Please please don’t get me started..: https://github.com/ricksher/ASimpleMechatronicMarkupLanguage
If you use an LLM and agents to regenerate code, a minor change in the "specification" may result in huge changes to the code. Even if it's just due to forcing regeneration. OK, got that.
But there may be no "specification", just an ongoing discussion with an agentic system. "We don't write code any more, we just yell at the agents." Even if the entire sequence of events has been captured, it might not be very useful. It's like having a transcript of a design meeting.
There's a real question as to what the static reference of the design should be. Or what it should look like. This is going to be difficult.
I think commit messages should actually have a concise "what" in them.
I frequently enough end up looking at git log trying to sort out what changed (to track down a bug or regression), and based on the commit message, do a git show to see what the actual diffs are.
So in that context, at least, knowing what changed in a commit is actually quite useful, and why is arguably less so.
I suspect my idea of "what" and your idea of "why" overlap in this scenario.
Edit: and after typing all that, I realized your comment doesn't imply there shouldn't be a "what" described anyway so maybe I'm just discussing nothing at all.
Deltas are just an implementation detail, and thinking of Git as diffing is specifically shunned in introductions to Git versioning.
The only practical obstacle is:
> Non-deterministic generators may produce different code from identical intent graphs.
This would not be an obstacle if you restrict to using a single version of a local LLM, turn off all nondeterminism and record the initial seed. But for now, the kinds of frontier LLMs that are useful as coding agents run on Someone Else's box, meaning they can produce different outcomes each time you run them -- and even if they promise not to change them, I can see no way to verify this promise.
Looking at individual line changes produced by AI is definitely difficult. And going one step higher to version control makes sense.
We're not really there yet though, as the generated code currently still needs a lot of human checks.
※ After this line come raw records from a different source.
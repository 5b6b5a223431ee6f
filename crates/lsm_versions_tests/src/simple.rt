// Merges of everything, drops within bounds.
use crate::asking::{Row, Wanted, chooses};
use lsm_below::UserKey;
use lsm_pick::{DropRange, Major, OwnedBounds};
use std::alloc::Global;
use std::ops::Bound;
use std::process::Abort;
use std::test::Fail;

const THREE: [Row; 3] = [(0, 0, "a", 0), (0, 1, "b", 0), (6, 2, "c", 0)];

#[test]
fn everything_is_merged(rt: HostRuntime) -> Result<(), Fail> {
    let major = Major::default();
    let all = Wanted::Merge(&[0, 1, 2], 6, 6);
    assert!(rt; chooses(&rt, rt.alloc(), &major, u64::MAX, &THREE, &[], all)?);
    assert!(rt; chooses(&rt, rt.alloc(), &major, 0, &THREE, &[2], Wanted::Nothing)?);
    let none = Wanted::Merge(&[], 6, 6);
    assert!(rt; chooses(&rt, rt.alloc(), &Major::new(7), 7, &[], &[], none)?);
    Ok(())
}

fn key_of(bound: Bound<&'static str>) -> Bound<UserKey> {
    match bound {
        Bound::Included(text) => Bound::Included(UserKey::from_static(text.as_bytes())),
        Bound::Excluded(text) => Bound::Excluded(UserKey::from_static(text.as_bytes())),
        Bound::Unbounded => Bound::Unbounded,
    }
}

/// Bounds, and what is dropped where table 1 is hidden.
type Within = (Bound<&'static str>, Bound<&'static str>, Wanted);

const WITHIN: [Within; 6] = [
    (
        Bound::Included("a"),
        Bound::Excluded("b"),
        Wanted::Drop(&[0]),
    ),
    (Bound::Included("a"), Bound::Included("b"), Wanted::Nothing),
    (Bound::Excluded("b"), Bound::Unbounded, Wanted::Drop(&[2])),
    (
        Bound::Excluded("b"),
        Bound::Excluded("b"),
        Wanted::Drop(&[]),
    ),
    (
        Bound::Included("c"),
        Bound::Included("a"),
        Wanted::Drop(&[]),
    ),
    (Bound::Unbounded, Bound::Unbounded, Wanted::Nothing),
];

fn drops(rt: &impl Abort, alloc: Global, row: Within) -> Result<bool, Fail> {
    let bounds = OwnedBounds {
        start: key_of(row.0),
        end: key_of(row.1),
    };
    let strategy = DropRange::new(bounds.copy()?);
    chooses(rt, alloc, &strategy, 0, &THREE, &[1], row.2)
}

#[test]
fn tables_within_bounds_are_dropped(rt: HostRuntime) -> Result<(), Fail> {
    for row in WITHIN {
        assert!(rt; drops(&rt, rt.alloc(), row)?, "{:?} to {:?}", row.0, row.1);
    }
    Ok(())
}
Side thoughts: this requires the code to be modularized really well. It makes me think that when designing a system, you could imagine a world where multiple agents discuss changes. Each agent would be responsible for a sub system (component, service, module, function), and they would chat about the format of the api that works best for all agents, etc. It would be like SmallTalk at the agent level.
Not sure what stops you from doing that just right now.
CONGRATULATIONS: you have just 'invented' documentation, specifically a CHANGE_LOG.
Anyone want to try and lmk how far you get?